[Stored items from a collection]
++++++++++

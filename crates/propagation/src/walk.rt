//! The walk through the events of a trip.
ghost use Rattle.std.specs.Prelude.{◌≡◌, ◌<◌, ◌∷◌, ◌++◌, [], negsuc, IfOk, IfSome, OnOk, Some, length, map};
ghost use Rattle.propagation.specs.Events.{event_in, events};
ghost use Rattle.propagation.specs.Rows.{ArePassed, event_row, outcome, row_by};
ghost use Rattle.propagation.specs.Setters.{IsDelay, IsInstant, IsZero, AreSmall, BeforeFirst, event_setters, last_setter, placed, set_at, setters, trip_setters};
ghost use Rattle.propagation.specs.declared.source.Source.TheVariants as source;
ghost use Rattle.propagation.specs.Stops.{stops_in};

use crate::event::{Event, arrival_at, departure_at};
use crate::matching::Matching;
use crate::outcome::{Outcome, outcome_of};
use crate::own::own_of;
use crate::placed_setter::PlacedSetter;
use crate::prediction_row::PredictionRow;
use crate::setter::Setter;
use crate::setting::set_at;
use crate::source::Source;
use crate::stops::Stops;
use feed_values::{StopTimeUpdate, Text};
use std::alloc::{AllocError, Global};

/// What a walk has come to: the setters that it met, and the rows of the events.
#[derive(Drop)]
pub(crate) struct Walk {
    pub setters: Vec<PlacedSetter>,
    pub rows: Vec<PredictionRow>,
}

/// The row of an event.
fn row_by(alloc: Global, event: &Event<'_>, outcome: Outcome) -> Result<PredictionRow, AllocError>
    ensures { IfOk result (λ row. row ≡ row_by (event_in event.now) outcome) }
{
    let stop = Text::of(alloc, event.stop)?;
    Ok(PredictionRow {
        stop_sequence: Some(event.sequence),
        stop_id: Some(stop),
        event: event.event,
        scheduled: event.scheduled,
        predicted: outcome.predicted,
        delay: outcome.delay,
        source: outcome.source,
        state: outcome.state,
    })
}

/// The last of some setters.
pub(crate) fn last_setter(setters: &[PlacedSetter]) -> Option<Setter>
    ensures value { result ≡ last_setter setters.now }
    ensures small { AreSmall setters.now → IfSome result (λ s. IfSome s.delay IsDelay) }
{
    match setters.last() {
        Some(placed) => Some(placed.setter),
        None => None,
    }
}

/// The setter of the delay of a whole trip.
fn trip_setter(delay: i32) -> PlacedSetter
    ensures { result ≡ (record { position = negsuc 0; setter = record { source = source.Trip; delay = Some delay } }) }
{
    PlacedSetter {
        position: -1,
        setter: Setter {
            source: Source::Trip,
            delay: Some(delay as i128),
        },
    }
}

impl Walk {
    /// A walk before the first event: the delay of the whole trip is set.
    pub fn new(alloc: Global, delay: Option<i32>) -> Result<Walk, AllocError>
        ensures setters { IfOk result (λ walk. walk.setters.items ≡ trip_setters delay) }
        ensures rows { IfOk result (λ walk. walk.rows.items ≡ []) }
        ensures small { IfOk result (λ walk. AreSmall walk.setters.items) }
    {
        let mut setters = Vec::new(alloc);
        if let Some(delay) = delay {
            setters.push(trip_setter(delay))?;
        }
        let rows = Vec::new(alloc);
        Ok(Walk { setters, rows })
    }

    // Sets what an event sets.
    fn set(&mut self, event: &Event<'_>) -> Result<(), AllocError>
        requires scheduled { IfSome event.now.scheduled IsInstant }
        requires small { AreSmall self.old.setters.items }
        ensures setters { OnOk result (self.new.setters.items ≡ self.old.setters.items ++ placed event.now.position (set_at (event_in event.now))) }
        ensures rows { OnOk result (self.new.rows.items ≡ self.old.rows.items) }
        ensures small { OnOk result (AreSmall self.new.setters.items) }
    {
        if let Some(setter) = set_at(event) {
            self.setters.push(PlacedSetter {
                position: event.position,
                setter,
            })?;
        }
        Ok(())
    }

    // Comes to an event.
    fn pass(&mut self, alloc: Global, event: &Event<'_>) -> Result<(), AllocError>
        requires scheduled { IfSome event.now.scheduled IsInstant }
        requires small { AreSmall self.old.setters.items }
        ensures setters { OnOk result (self.new.setters.items ≡ self.old.setters.items ++ placed event.now.position (set_at (event_in event.now))) }
        ensures rows { OnOk result (self.new.rows.items ≡ self.old.rows.items
            ++ row_by (event_in event.now) (outcome (event_in event.now) (last_setter self.new.setters.items)) ∷ []) }
        ensures small { OnOk result (AreSmall self.new.setters.items) }
    {
        self.set(event)?;
        let setter = last_setter(self.setters.as_slice());
        let row = row_by(alloc, event, outcome_of(event, setter))?;
        self.rows.push(row)?;
        Ok(())
    }

    // Comes to the two events of a stop.
    fn pass_stop(
        &mut self,
        alloc: Global,
        arrival: &Event<'_>,
        departure: &Event<'_>,
    ) -> Result<(), AllocError>
        requires arrival { IfSome arrival.now.scheduled IsInstant }
        requires departure { IfSome departure.now.scheduled IsInstant }
        requires small { AreSmall self.old.setters.items }
        ensures small { OnOk result (AreSmall self.new.setters.items) }
        ensures passed { OnOk result (ArePassed self.old.setters.items self.old.rows.items (event_in arrival.now) (event_in departure.now)
            self.new.setters.items self.new.rows.items) }
    {
        self.pass(alloc, arrival)?;
        self.pass(alloc, departure)
    }

    /// Comes to all events of a trip, in their order.
    pub fn pass_all(
        &mut self,
        alloc: Global,
        zero: i128,
        stops: &Stops<'_>,
        updates: &[StopTimeUpdate],
        matching: &Matching,
    ) -> Result<(), AllocError>
        requires zero { IsZero zero }
        requires before { BeforeFirst self.old.setters.items }
        requires size { length matching.now.matchers.items ≡ length (stops_in stops.now) }
        ensures setters { OnOk result (self.new.setters.items ≡ self.old.setters.items
            ++ event_setters (events zero (stops_in stops.now) updates.now matching.now.places.items)) }
        ensures rows { OnOk result (self.new.rows.items ≡ self.old.rows.items
            ++ map (event_row self.new.setters.items) (events zero (stops_in stops.now) updates.now matching.now.places.items)) }
    {
        for place in 0..stops.len() {
            let stop = stops.visit(place);
            let own = own_of(updates, matching.matcher(place));
            let arrival = arrival_at(zero, place, stop, own);
            let departure = departure_at(zero, place, stop, own);
            self.pass_stop(alloc, &arrival, &departure)?;
        }
        Ok(())
    }
}
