//! Laws of what is cached. A function stands for its contract: it does nothing, and its `ensures` is proved for every timetable and every state.
ghost use Rattle.cached_laws.specs.Laws.{JudgedIsChange, JudgedIsOwed, KeysAreCounted, TouchedCanPass};

/// What is held is what is owed for a snapshot once its parts are judged again under the keys that it touched alone, and each list has what its part
/// finds.
pub fn judged_is_owed()
    ensures { JudgedIsOwed }
{}

/// What was told meanwhile is what the snapshot changed.
pub fn judged_is_change()
    ensures { JudgedIsChange }
{}

/// Under the keys that a snapshot touches entities are there, and their lists are in order.
pub fn touched_can_pass()
    ensures { TouchedCanPass }
{}

/// These keys are as many as the entities that the definitions call tested, paired, bounded and peaked.
pub fn keys_are_counted()
    ensures { KeysAreCounted }
{}
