//! Runs, and what they leave.
ghost use Rattle.std.specs.Prelude.{◌≡◌};

use crate::counted::say_work;
use crate::ended::{Ended, Sinks, say_members, say_status, told_filled, told_lines};
use crate::odd_files::{Dripping, Endless};
use crate::setting::{Giving, Setting};
use crate::spans::Spans;
use cases::word;
use rt_outside::{Files, Steps};
use rt_run::{Status, run};
use std::alloc::{AllocError, Global};
use std::marker::Brand;
use std::sync::ledger::{Blank, Ledger};

// The statuses of a run that couldn't read, couldn't write, and found no memory.
const READ_FAULT: u8 = 3;

const WRITE_FAULT: u8 = 4;

const OUT_OF_MEMORY: u8 = 5;

// How many runs an ask for each of them makes at most.
const MOST_RUNS: u64 = 10_000;

/// What stands before a run, and what the last one wrote.
#[derive(Drop)]
pub struct Runs {
    alloc: Global,
    pub setting: Setting,
    written: Vec<u8>,
}

// Runs over these files, with counters that are made of these blanks.
fn run_counted<F: Files, D: Ledger, T: Ledger>(
    alloc: Global,
    words: &[String],
    now: u64,
    files: &mut F,
    sinks: &mut Sinks,
    decodes: Blank,
    tests: Blank,
) -> Status
    requires decodes_name { decodes.name ≡ D.name }
    requires decodes_parts { decodes.parts ≡ D.parts }
    requires decodes_one { decodes.parts ≡ 1 }
    requires tests_name { tests.name ≡ T.name }
    requires tests_parts { tests.parts ≡ T.parts }
    requires tests_one { tests.parts ≡ 1 }
{
    let mut decodes: Steps<D> = Steps::new(decodes);
    let mut tests: Steps<T> = Steps::new(tests);
    run(
        alloc,
        words,
        now,
        files,
        &mut sinks.out,
        &mut sinks.err,
        &mut decodes,
        &mut tests,
    )
}

fn run_over<F: Files>(
    alloc: Global,
    words: &[String],
    now: u64,
    files: &mut F,
    sinks: &mut Sinks,
) -> u8 {
    run_counted::<F, Brand, Brand>(
        alloc,
        words,
        now,
        files,
        sinks,
        Blank::new(1),
        Blank::new(1),
    )
    .number()
}

impl Runs {
    /// No files, and nothing that was written.
    pub fn new(alloc: Global) -> Runs {
        Runs {
            alloc,
            setting: Setting::new(alloc),
            written: Vec::new(alloc),
        }
    }

    fn status(&self, words: &[String], sinks: &mut Sinks) -> Result<u8, AllocError> {
        let mut files = self.setting.files()?;
        let now = self.setting.moment;
        Ok(match self.setting.giving {
            Giving::AsAsked => run_over(self.alloc, words, now, &mut files, sinks),
            Giving::Dripping => run_over(self.alloc, words, now, &mut Dripping { files }, sinks),
            Giving::Endless => run_over(self.alloc, words, now, &mut Endless {}, sinks),
        })
    }

    // Runs.
    fn end(&self, words: &[String]) -> Result<Ended, AllocError> {
        let mut sinks = Sinks {
            out: self.setting.out()?,
            err: self.setting.err()?,
        };
        let status = self.status(words, &mut sinks)?;
        // No case can want it, and where each allocation is made to fail in turn, this program is to end so too.
        if status == OUT_OF_MEMORY {
            return Err(AllocError);
        }
        Ok(Ended { status, sinks })
    }

    // Runs, says the status and what was written to the error stream, and keeps what was written to the output.
    fn say_ended(&mut self, words: &[String], answer: &mut Vec<u8>) -> Result<(), AllocError> {
        let ended = self.end(words)?;
        say_status(self.alloc, ended.status, ended.sinks.err.written(), answer)?;
        self.written = Vec::from_slice(self.alloc, ended.sinks.out.written())?;
        Ok(())
    }

    // Runs with each call of the files or of a sink failing in turn, up to the first run that doesn't end by it.
    fn say_each_fault(
        &mut self,
        what: &str,
        words: &[String],
        answer: &mut Vec<u8>,
    ) -> Result<(), AllocError> {
        self.setting.clear_faults();
        let whole = self.end(words)?;
        let fault = if what == "files" {
            READ_FAULT
        } else {
            WRITE_FAULT
        };
        let mut spans = Spans::new(self.alloc);
        for call in 0..MOST_RUNS {
            self.setting.fail_alone(what, call)?;
            let ended = self.end(words)?;
            spans.add(call, told_lines(self.alloc, &ended, &whole)?)?;
            if ended.status != fault {
                break;
            }
        }
        self.setting.clear_faults();
        spans.say(answer)
    }

    // Runs with each room of the output, up to the first that is enough.
    fn say_each_room(&mut self, words: &[String], answer: &mut Vec<u8>) -> Result<(), AllocError> {
        self.setting.clear_faults();
        let whole = self.end(words)?;
        let mut spans = Spans::new(self.alloc);
        for room in 0..MOST_RUNS as usize {
            self.setting.limit("out", room);
            let ended = self.end(words)?;
            spans.add(room as u64, told_filled(self.alloc, &ended, &whole, room)?)?;
            if ended.status != WRITE_FAULT {
                break;
            }
        }
        self.setting.clear_faults();
        spans.say(answer)
    }

    /// Answers `run WORD..` with its status and all that it writes, `end WORD..` with its status and what it writes to the error
    /// stream, and then `members NAME..` with these members of the line that it wrote, or `work` with how much its lines count. `out-as NAME`
    /// makes a file of what it wrote.
    ///
    /// `each-fault files|out|err WORD..` runs with call 0 failing alone, then with call 1, and so on up to the first run that doesn't end by
    /// it, which is told too. `each-room WORD..` runs with room in the output for 0 bytes, 1 byte and so on, up to the first room that is
    /// enough. Runs in a row of which the same is told are one line. Calls that the case had fail before, and rooms, are forgotten.
    pub fn answer(&mut self, words: &[String], answer: &mut Vec<u8>) -> Result<bool, AllocError> {
        let rest = words.get(1..).unwrap_or(&[]);
        match word(words, 0) {
            "run" => {
                self.say_ended(rest, answer)?;
                answer.extend_from_slice(&self.written)?;
            }
            "end" => self.say_ended(rest, answer)?,
            "each-fault" => self.say_each_fault(
                word(words, 1),
                words.get(2..).unwrap_or(&[]),
                answer,
            )?,
            "each-room" => self.say_each_room(rest, answer)?,
            "members" => say_members(self.alloc, &self.written, rest, answer)?,
            "work" => say_work(self.alloc, &self.written, answer)?,
            "out-as" => self.setting.put_written(word(words, 1), &mut self.written)?,
            _ => return Ok(false),
        }
        Ok(true)
    }
}
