//! What the definitions of the contracts stand for. Each law is a contract that an empty body meets.
ghost use Rattle.propagation.specs.Laws.{GoverningIsGreatest, ListIsTheSet, MatchInOneWay, MatchInSomeWay, MatcherIsTheMatch, PositionsRise};

/// Updates match the stops of a trip in exactly one way, and a stop's update is the one that matches it: no two match one stop.
pub fn updates_match_in_one_way()
    ensures some { MatchInSomeWay }
    ensures one { MatchInOneWay }
    ensures matcher { MatcherIsTheMatch }
{}

/// The setter that governs an event is the one with the greatest position at or before it, of the set that the delay of the
/// whole trip and the matched updates make. No two setters have one position.
pub fn the_greatest_setter_governs()
    ensures governs { GoverningIsGreatest }
    ensures set { ListIsTheSet }
    ensures positions { PositionsRise }
{}
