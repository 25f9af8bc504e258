//! What an engine caches, and why it may judge again only what a snapshot touches: laws about the lists that each part of an entity's findings has.
//!
//! The engine holds four lists at each entity: what is found by the entity with the timetable, with the pairing rows of all entities, and by bounds, and
//! one that is empty. When a snapshot comes some keys are touched; `laws` says that judging each part again under its keys alone leaves what is owed
//! for the snapshot, that what was told meanwhile is what it changed, and that the keys are as many as the definitions count.
#![tactic(auto)]

mod laws;

pub use laws::{judged_is_change, judged_is_owed, keys_are_counted, touched_can_pass};
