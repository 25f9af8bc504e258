//! A visit of a trip at a stop.

/// A visit of a trip at a stop, with its times in seconds from the trip's zero. (GTFS Schedule Reference, "stop_times.txt".)
#[derive(Clone, Copy)]
pub(crate) struct Visit<'a> {
    pub stop: &'a str,
    pub sequence: u32,
    pub arrival: Option<u32>,
    pub departure: Option<u32>,
}
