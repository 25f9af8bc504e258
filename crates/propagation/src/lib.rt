//! Stop predictions: which update of a trip update governs each event of a trip, and when it happens.
//!
//! A trip's events are the arrival and the departure of each stop. Updates are matched with the stops in the order of the
//! trip; those that are matched set delays, and the delay of the whole trip is set before the first event; each delay
//! goes on until the next one. `Resolver::predict` answers a row for each event, and for each update that matches no stop.
//!
//! From the bottom up: `source`, `setter`, `placed_setter` (a setter with its position), `event_kind`, `row_state` and `prediction_row` are what is answered; `own` and
//! `event` are an event with the update of its stop; `visit` and `stops` are the stops of the trip, found by what an update
//! names, and `matching` is the stop of each update; `setting` tells what an event's update sets, and `outcome` what is predicted; `walk` goes through the
//! events, and `rows` makes the rows of updates; `predictions` holds what is answered, and `resolver` decides the mode.
//! `laws` says that the definitions of the contracts are what they stand for.
#![tactic(auto)]

mod event;
mod event_kind;
mod laws;
mod matching;
mod outcome;
mod own;
mod placed_setter;
mod prediction_row;
mod predictions;
mod resolver;
mod row_state;
mod rows;
mod setter;
mod setting;
mod source;
mod stops;
mod visit;
mod walk;

pub use event_kind::EventKind;
pub use laws::{the_greatest_setter_governs, updates_match_in_one_way};
pub use prediction_row::PredictionRow;
pub use predictions::Predictions;
pub use resolver::Resolver;
pub use row_state::RowState;
pub use setter::Setter;
pub use source::Source;
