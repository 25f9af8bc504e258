//! Texts of numbers, of which equal ones in a row are told once.

use std::alloc::{AllocError, Global};
use std::mem;

/// Texts of rising numbers, of which equal ones in a row are told once.
#[derive(Drop)]
pub struct Spans {
    alloc: Global,
    told: Vec<u8>,
    first: u64,
    last: u64,
    text: Vec<u8>,
}

impl Spans {
    /// No texts.
    pub fn new(alloc: Global) -> Spans {
        Spans {
            alloc,
            told: Vec::new(alloc),
            first: 0,
            last: 0,
            text: Vec::new(alloc),
        }
    }

    // Tells the texts in a row that stand open.
    fn close(&mut self) -> Result<(), AllocError> {
        if self.text.is_empty() {
            return Ok(());
        }
        let numbers = if self.first == self.last {
            format!(in self.alloc; "{}: ", self.first)?
        } else {
            format!(in self.alloc; "{} to {}: ", self.first, self.last)?
        };
        self.told.extend_from_slice(numbers.as_bytes())?;
        self.told.extend_from_slice(&self.text)
    }

    /// Adds the text of a number, which has whole lines.
    pub fn add(&mut self, number: u64, text: Vec<u8>) -> Result<(), AllocError> {
        if self.text != text {
            self.close()?;
            self.first = number;
            self.text = text;
        }
        self.last = number;
        Ok(())
    }

    /// Puts all that is told behind an answer: the numbers, and the text that they have in common.
    pub fn say(&mut self, answer: &mut Vec<u8>) -> Result<(), AllocError> {
        self.close()?;
        self.text = Vec::new(self.alloc);
        answer.extend_from_slice(&mem::replace(&mut self.told, Vec::new(self.alloc)))
    }
}
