//! What an event's update sets.
ghost use Rattle.std.specs.Prelude.{◌≡◌, IfSome, Some, option_map};
ghost use Rattle.propagation.specs.Events.{event_in, own_in};
ghost use Rattle.propagation.specs.Setters.{IsDelay, IsInstant, delay_by, has_no_data, is_arrival, is_scheduled, is_skipped, set_at, set_by};
ghost use Rattle.propagation.specs.declared.source.Source.TheVariants as source;

use crate::event::Event;
use crate::event_kind::EventKind;
use crate::own::{Own, stated_delay, stated_time};
use crate::setter::Setter;
use crate::source::Source;

/// SKIPPED, in the `schedule_relationship` of an update.
const SKIPPED: u32 = 1;

/// NO_DATA, in the `schedule_relationship` of an update.
const NO_DATA: u32 = 2;

pub(crate) fn is_scheduled(relationship: Option<u32>) -> bool
    ensures { result ≡ is_scheduled relationship }
{
    relationship.unwrap_or(0) == 0
}

pub(crate) fn is_skipped(relationship: Option<u32>) -> bool
    ensures { result ≡ is_skipped relationship }
{
    relationship.unwrap_or(0) == SKIPPED
}

fn has_no_data(relationship: Option<u32>) -> bool
    ensures { result ≡ has_no_data relationship }
{
    relationship.unwrap_or(0) == NO_DATA
}

fn is_arrival(event: EventKind) -> bool
    ensures { result ≡ is_arrival event }
{
    match event {
        EventKind::Arrival => true,
        EventKind::Departure | EventKind::Trip | EventKind::Update => false,
    }
}

/// A delay, by a time where it is given and scheduled, else as it is stated.
fn delay_by(time: Option<i64>, scheduled: Option<i128>, stated: Option<i32>) -> Option<i128>
    requires { IfSome scheduled IsInstant }
    ensures value { result ≡ delay_by time scheduled stated }
    ensures small { IfSome result IsDelay }
{
    match (time, scheduled) {
        (Some(time), Some(scheduled)) => Some(time as i128 - scheduled),
        _ => match stated {
            Some(delay) => Some(delay as i128),
            None => None,
        },
    }
}

/// The setter of an update with a delay.
fn with_delay(index: u32, delay: Option<i128>) -> Option<Setter>
    requires { IfSome delay IsDelay }
    ensures value { result ≡ option_map (λ d. record { source = source.Update index; delay = Some d }) delay }
    ensures small { IfSome result (λ s. IfSome s.delay IsDelay) }
{
    match delay {
        Some(delay) => Some(Setter {
            source: Source::Update(index),
            delay: Some(delay),
        }),
        None => None,
    }
}

/// What the update of a stop sets at an event.
fn set_by(event: &Event<'_>, own: Own<'_>) -> Option<Setter>
    requires { IfSome event.now.scheduled IsInstant }
    ensures value { result ≡ set_by (event_in event.now) (own_in own.entry) }
    ensures small { IfSome result (λ s. IfSome s.delay IsDelay) }
{
    let relationship = own.update.schedule_relationship;
    if has_no_data(relationship) && is_arrival(event.event) {
        return Some(Setter {
            source: Source::Update(own.index),
            delay: None,
        });
    }
    if !is_scheduled(relationship) {
        return None;
    }
    let time = stated_time(own.update, event.event);
    let stated = stated_delay(own.update, event.event);
    with_delay(own.index, delay_by(time, event.scheduled, stated))
}

/// What is set at an event.
pub(crate) fn set_at(event: &Event<'_>) -> Option<Setter>
    requires { IfSome event.now.scheduled IsInstant }
    ensures value { result ≡ set_at (event_in event.now) }
    ensures small { IfSome result (λ s. IfSome s.delay IsDelay) }
{
    match event.own {
        Some(own) => set_by(event, own),
        None => None,
    }
}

++++++++++

Copy out every line in the entries above that holds "Ledger".

Answer below.
use std::sync::ledger::{Blank, Ledger};
fn run_counted<F: Files, D: Ledger, T: Ledger>(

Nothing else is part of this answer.